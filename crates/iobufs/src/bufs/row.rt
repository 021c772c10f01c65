// Chunks in a deque, found by where they end.
ghost use Rattle.std.specs.Fn.{CalledAt};
ghost use Rattle.std.specs.List.{FoldsTo};
ghost use Rattle.std.specs.Option.{option_copied};
ghost use Rattle.std.specs.Prelude.{◌≡◌, ◌+◌, ◌-◌, ◌*◌, ◌^◌, ◌<◌, ◌≤◌, ◌++◌, [], ◌∷◌, ◌==◌, if◌then◌else◌, nat_le, nat_lt, length, map, take, drop, slice_get, IfOk, IfErr, IsOk, OnOk, OnErr, IsOkUnless, IsTrue, IsFalse, vec_capacity, vec_len};
ghost use Rattle.std.specs.VecDeque.{deque_len, deque_capacity};
ghost use Rattle.iobufs_core.specs.Part.{part_put};
ghost use Rattle.iobufs_core.specs.View.{IsView, static_mark, view_front};
ghost use Rattle.iobufs.specs.Inside.Ends.{cut_piece, shortened, views_in};
ghost use Rattle.iobufs.specs.Inside.Pieces.{AreFull, IsChunkPlace, left_pieces, piece_at, piece_start, pieces_bytes, right_pieces, view_len};

mod gaps;

use super::search::{Ends, Located, find_end};
pub(crate) use gaps::Gapped;
use iobufs_core::buf::{IoBuf, IoBufMut};
use iobufs_core::codec::{Buf, BufError, BufMut, OwnedBytes};
use std::alloc::{AllocError, AllocFailed, Global};
use std::collections::VecDeque;
use std::marker::Model;
use std::mem;
use std::ops::Bound;

// A chunk, and its end: the base of its row plus the number of bytes up to where it ends, modulo 2^64.
#[derive(Drop)]
struct Entry {
    view: IoBuf,
    end: u64,
}

impl Clone for Entry {
    ghost is_clone = { λ a b. b ≡ a };

    fn clone(&self) -> Result<Entry, AllocError> {
        Ok(Entry {
            view: self.view.clone()?,
            end: self.end,
        })
    }
}

// One chunk, or some whose entries are next to each other in a deque.
#[derive(Clone, Copy)]
enum Run<'a> {
    One(&'a [u8]),
    Several(&'a [Entry]),
}

/// Some chunks of an `IoBufs`, in order (own, for layers). Its value is the list of their bytes.
#[derive(Drop)]
pub struct ChunkSlice<'a> {
    run: Run<'a>,
}

impl<'a> Model for ChunkSlice<'a> {
    ghost use Rattle.std.specs.Prelude.{ℕ, List};

    ghost Value = { List (List ℕ) };

    ghost use Rattle.iobufs.specs.Inside.Ends.{run_chunks};

    ghost view = { λ slice. run_chunks slice.run };
}

impl<'a> ChunkSlice<'a> {
    // No chunks.
    pub(super) fn none() -> ChunkSlice<'a>
        ensures { result ≡ [] }
    {
        ChunkSlice {
            run: Run::Several(&[]),
        }
    }

    // One chunk.
    pub(super) fn one(chunk: &'a [u8]) -> ChunkSlice<'a>
        ensures { result ≡ chunk.now ∷ [] }
    {
        ChunkSlice {
            run: Run::One(chunk),
        }
    }

    /// Returns the number of chunks (own).
    pub fn len(&self) -> usize
        ensures { result ≡ length self.now }
    {
        match self.run {
            Run::One(_) => 1,
            Run::Several(entries) => entries.len(),
        }
    }

    /// Borrows a chunk by its index (own).
    pub fn get(&self, i: usize) -> Option<&'a [u8]>
        ensures { option_copied result ≡ slice_get self.now i }
    {
        match self.run {
            Run::One(chunk) => match i {
                0 => Some(chunk),
                _ => None,
            },
            Run::Several(entries) => match entries.get(i) {
                Some(piece) => Some(piece.view.as_ref()),
                None => None,
            },
        }
    }
}
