/// What ends at a boundary.
#[derive(Clone, Copy, Debug, PartialEq, Eq)]
pub enum WordType {
    /// No word: spaces, punctuation and the like.
    None = 0,
    /// A number.
    Number = 1,
    /// A word of letters, or of characters that are words.
    Letter = 2,
}

impl WordType {
    /// Whether it is a word: a number or one of letters.
    pub fn is_word_like(&self) -> bool
        ensures { result ≡ is_word_like self.now }
    {
        match self {
            WordType::None => false,
            WordType::Number | WordType::Letter => true,
        }
    }
}

/// The type of what ends at a boundary with this status: `None` of 0, `Number` of 1 and `Letter` of any other.
pub fn type_of(status: u8) -> WordType
    ensures { result ≡ type_of status }
{
    match status {
        0 => WordType::None,
        1 => WordType::Number,
        _ => WordType::Letter,
    }
}

/// The boundaries of words in a text, as places: bytes in str, UTF-8 and Latin-1,
/// 16-bit units in UTF-16.
///
/// First 0, then each place where a word, or what stands between words, ends; the last is the text's length. After None
/// it stays None.
pub struct WordBreakIterator<'data, I: Cursor> {
    boundaries: HintedBoundaries<WordBoundaries<'data, I>>,
    segmenter: WordSegmenterBorrowed<'data>,
    whole: I,
}

impl<'data, I: Cursor> fmt::Debug for WordBreakIterator<'data, I> {
    fn fmt<W: fmt::Write>(&self, f: &mut fmt::Formatter<W>) -> fmt::Result {
        f.write_str("WordBreakIterator { .. }")
    }
}

impl<'data, I: Cursor> Drop for WordBreakIterator<'data, I> {
    fn drop(self) {
        let WordBreakIterator {
            boundaries: _,
            segmenter: _,
            whole: _,
        } = self;
    }
}

impl<'data, I: Cursor> WordBreakIterator<'data, I> {
    ghost use Rattle.seg_words.specs.Words.{with_types, word_finder, word_type, words_left, words_source, typed_places};

    /// The type of what ends at the boundary that was given last: that of its status. `None` before the first `next`, at
    /// the text's start and after the end.
    pub fn word_type(&self) -> WordType
        ensures { result ≡ word_type self.now }
    {
        type_of(self.boundaries.status())
    }

    /// Whether a word ends at the boundary that was given last: its type isn't `None`.
    pub fn is_word_like(&self) -> bool
        ensures { result ≡ is_word_like (word_type self.now) }
    {
        self.word_type().is_word_like()
    }

    /// The boundaries that are left, each with the type of what ends there.
    pub fn iter_with_word_type(self) -> WordBreakIteratorWithWordType<'data, I>
        ensures { typed_places result ≡ with_types (words_left self.entry) }
    {
        WordBreakIteratorWithWordType { words: self }
    }

    /// A cursor at the start of the whole text, whatever was given of its boundaries. Takes no memory.
    pub fn source(&self) -> I
        ensures { result ≡ words_source self.now }
    {
        self.whole.fork()
    }

    /// The boundaries of the whole text, whatever was given of them, where no configuration of the machine is looked up
    /// twice. Of several refusals that with the lowest number: `NotNeo` by a pair table, `HasDictionary` where some script has
    /// one, `TooLarge` where there are more configurations than the greatest `usize`, all without asking for memory. `Memory`
    /// where there is no other, but the one growth was refused.
    pub fn with_memo(
        &self,
        alloc: Global,
    ) -> Result<MemoBreakIterator<'data, I, CountedTransitions<'data>>, MemoError>
        ensures words { IfOk result (λ _. (word_finder self.now).payloads.words ≡ no_words) }
        ensures made { IfOk result (IsNewMemo (machine_in (word_finder self.now).rules) (I.text (words_source self.now))
            (word_boundaries_of (word_finder self.now) (I.text (words_source self.now)))) }
        ensures rejected { IfErr result (IsMemoRefusal (machine_in (word_finder self.now).rules) ((word_finder self.now).payloads.words ≢ no_words) (I.text (words_source self.now))) }
    {
        let text = self.whole.fork();
        self.segmenter
            .payloads
            .memoised(alloc, self.segmenter.engine, text)
    }

    /// Writes the places of the next boundaries over the first of `places`, as many as there are and there is room for, and returns how
    /// many. The next call goes on behind them. Takes no memory.
    pub fn fill(&mut self, places: &mut [usize]) -> usize
        ensures written { WritesPlaces self.old.boundaries self.new.boundaries places.old places.new result }
        ensures source { (word_finder self.new ≡ word_finder self.old) × (words_source self.new ≡ words_source self.old) }
    {
        self.boundaries.fill(places)
    }

    /// Writes the places of the next boundaries and their statuses, as many as both buffers have room for, as `fill` does.
    pub fn fill_both(&mut self, places: &mut [usize], statuses: &mut [u8]) -> usize
        ensures written { WritesBoth (min (length places.old) (length statuses.old)) self.old.boundaries self.new.boundaries
            places.old places.new statuses.old statuses.new result }
        ensures source { (word_finder self.new ≡ word_finder self.old) × (words_source self.new ≡ words_source self.old) }
    {
        self.boundaries.fill_both(places, statuses)
    }

    // What is left of the boundaries, once more.
    fn fork(&self) -> Self
        ensures { result ≡ self.now }
    {
        WordBreakIterator {
            boundaries: self.boundaries.fork(),
            segmenter: self.segmenter,
            whole: self.whole.fork(),
        }
    }
}
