impl<'data, I: Cursor> SentenceBreakIterator<'data, I> {
    ghost use Rattle.seg_clusters.specs.Clusters.{sentence_finder, sentences_source};

    /// A cursor at the start of the whole text, whatever was given of its boundaries. Takes no memory.
    pub fn source(&self) -> I
        ensures { result ≡ sentences_source self.now }
    {
        self.whole.fork()
    }

    /// The boundaries of the whole text, whatever was given of them, where no configuration of the machine is looked up
    /// twice. `NotNeo` by a pair table, and otherwise `TooLarge` where there are more configurations than the greatest
    /// `usize`: both without asking for memory. `Memory` where the one growth was refused.
    pub fn with_memo(
        &self,
        alloc: Global,
    ) -> Result<MemoBreakIterator<'data, I, CountedTransitions<'data>>, MemoError>
        ensures made { IfOk result (IsNewMemo (machine_in (sentence_finder self.now)) (I.text (sentences_source self.now))
            (boundaries_of (sentence_finder self.now) (I.text (sentences_source self.now)))) }
        ensures rejected { IfErr result (IsMemoRefusal (machine_in (sentence_finder self.now)) ⊥ (I.text (sentences_source self.now))) }
    {
        self.engine.memoised(alloc, self.whole.fork())
    }

    /// Writes the places of the next boundaries over the first of `places`, as many as there are and there is room for, and returns how
    /// many. The next call goes on behind them. Takes no memory.
    pub fn fill(&mut self, places: &mut [usize]) -> usize
        ensures written { WritesPlaces self.old.boundaries self.new.boundaries places.old places.new result }
        ensures source { (sentence_finder self.new ≡ sentence_finder self.old) × (sentences_source self.new ≡ sentences_source self.old) }
    {
        self.boundaries.fill(places)
    }

    /// Writes the places of the next boundaries and their statuses, as many as both buffers have room for, as `fill` does.
    pub fn fill_both(&mut self, places: &mut [usize], statuses: &mut [u8]) -> usize
        ensures written { WritesBoth (min (length places.old) (length statuses.old)) self.old.boundaries self.new.boundaries
            places.old places.new statuses.old statuses.new result }
        ensures source { (sentence_finder self.new ≡ sentence_finder self.old) × (sentences_source self.new ≡ sentences_source self.old) }
    {
        self.boundaries.fill_both(places, statuses)
    }
}
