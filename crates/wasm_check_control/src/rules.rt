ghost use Rattle.std.specs.Prelude.{◌≡◌, ◌∷◌, Some, IfOk, reverse};
ghost use Rattle.wasm_typing.specs.Matching.{TypeOrder};
ghost use Rattle.wasm_typing.specs.Rules.{fixed, jumps, drops, selects};
ghost use Rattle.wasm_check_control.specs.Environment.{stack_of};
ghost use Rattle.wasm_check_control.specs.State.{Answers, by_rule, opens_by, construct_of, first_of, results_of};

use crate::context::ModuleContext;
use crate::control::Control;
use crate::frame::FrameKind;
use crate::value_matches::select_type;
use std::alloc::AllocError;
use wasm_below::ValType;
use wasm_typing::ValueType;

/// Operators, by the form of their rule. Each function returns whether the operator has a type.
impl<'m> Control<'m> {
    pub fn fixed<M: ModuleContext>(
        &mut self,
        context: &M,
        takes: &[ValType],
        leaves: &[ValType],
    ) -> Result<bool, AllocError>
        ensures { IfOk result (λ yes. Answers yes (by_rule (M.environment context.now).order (fixed (stack_of takes.now) (stack_of leaves.now)) self.old) self.new) }
    {
        if !self.expect_all(context, takes) {
            return Ok(false);
        }
        self.give_all(leaves)?;
        Ok(true)
    }

    /// The same for types that are not in a module.
    #[inline(always)]
    pub fn values<M: ModuleContext>(
        &mut self,
        context: &M,
        takes: &[ValueType],
        leaves: &[ValueType],
    ) -> Result<bool, AllocError>
        ensures { IfOk result (λ yes. Answers yes (by_rule (M.environment context.now).order (fixed (reverse takes.now) (reverse leaves.now)) self.old) self.new) }
    {
        if !self.expect_values(context, takes) {
            return Ok(false);
        }
        self.give_values(leaves)?;
        Ok(true)
    }

    /// Takes an operand of one type above these.
    pub fn fixed_with<M: ModuleContext>(
        &mut self,
        context: &M,
        top: ValueType,
        takes: &[ValType],
        leaves: &[ValType],
    ) -> Result<bool, AllocError>
        ensures { IfOk result (λ yes. Answers yes (by_rule (M.environment context.now).order (fixed (top ∷ stack_of takes.now) (stack_of leaves.now)) self.old) self.new) }
    {
        if !self.expect(context, top) {
            return Ok(false);
        }
        self.fixed(context, takes, leaves)
    }

    /// `unreachable`, `br`, `return`: takes these, and the rest of the frame is unreachable.
    pub fn jumps<M: ModuleContext>(
        &mut self,
        context: &M,
        one: Option<ValueType>,
        takes: &[ValType],
    ) -> bool
        ensures { Answers result (by_rule (M.environment context.now).order (jumps (results_of one takes.now)) self.old) self.new }
    {
        if !self.expect_results(context, one, takes) {
            return false;
        }
        self.jump();
        true
    }

    /// Takes an operand of one type above these, and the rest of the frame is unreachable.
    pub fn jumps_with<M: ModuleContext>(
        &mut self,
        context: &M,
        top: ValueType,
        takes: &[ValType],
    ) -> bool
        ensures { Answers result (by_rule (M.environment context.now).order (jumps (top ∷ stack_of takes.now)) self.old) self.new }
    {
        if !self.expect(context, top) {
            return false;
        }
        self.jumps(context, None, takes)
    }

    pub fn drops(&mut self) -> bool
        ensures { (O : TypeOrder) → Answers result (by_rule O drops self.old) self.new }
    {
        self.take().is_some()
    }

    /// `select` without a type.
    pub fn selects<M: ModuleContext>(&mut self, context: &M) -> Result<bool, AllocError>
        ensures { IfOk result (λ yes. Answers yes (by_rule (M.environment context.now).order selects self.old) self.new) }
    {
        if !self.expect(context, ValueType::I32) {
            return Ok(false);
        }
        let Some(second) = self.take() else {
            return Ok(false);
        };
        let Some(first) = self.take() else {
            return Ok(false);
        };
        let Some(ty) = select_type(second, first) else {
            return Ok(false);
        };
        self.give(ty)?;
        Ok(true)
    }

    /// `br_if`: takes a condition and these, and leaves these.
    pub fn branches<M: ModuleContext>(
        &mut self,
        context: &M,
        one: Option<ValueType>,
        label: &[ValType],
    ) -> Result<bool, AllocError>
        ensures { IfOk result (λ yes. Answers yes (by_rule (M.environment context.now).order (fixed (ValueType.I32 ∷ results_of one label.now) (results_of one label.now)) self.old) self.new) }
    {
        if !self.expect(context, ValueType::I32) {
            return Ok(false);
        }
        if !self.expect_results(context, one, label) {
            return Ok(false);
        }
        self.give_results(one, label)?;
        Ok(true)
    }

    /// `br_on_cast`: takes an operand above these, and leaves another in its place.
    pub fn replaces<M: ModuleContext>(
        &mut self,
        context: &M,
        from: ValueType,
        to: ValueType,
        below: &[ValType],
    ) -> Result<bool, AllocError>
        ensures { IfOk result (λ yes. Answers yes (by_rule (M.environment context.now).order (fixed (from ∷ stack_of below.now) (to ∷ stack_of below.now)) self.old) self.new) }
    {
        if !self.expect(context, from) {
            return Ok(false);
        }
        if !self.expect_all(context, below) {
            return Ok(false);
        }
        self.give_all(below)?;
        self.give(to)?;
        Ok(true)
    }

    /// Opens the frame of a construct.
    pub fn opens<M: ModuleContext>(
        &mut self,
        context: &M,
        kind: FrameKind,
        takes: &'m [ValType],
        one: Option<ValueType>,
        leaves: &'m [ValType],
    ) -> Result<bool, AllocError>
        ensures { IfOk result (λ yes. Answers yes (opens_by (M.environment context.now).order (construct_of kind) (first_of kind) (Some (record { takes = stack_of takes.now; leaves = results_of one leaves.now })) self.old) self.new) }
    {
        if kind == FrameKind::If && !self.expect(context, ValueType::I32) {
            return Ok(false);
        }
        if !self.expect_all(context, takes) {
            return Ok(false);
        }
        self.enter(kind, takes, one, leaves)?;
        Ok(true)
    }
}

━━━

> [Task item]:
Please find the lines in the data that contain the word "crates" and copy them.

> [Task response]:
filename crates/iobufs/src/bufs/row.rt
filename crates/wasm_check_control/src/rules.rt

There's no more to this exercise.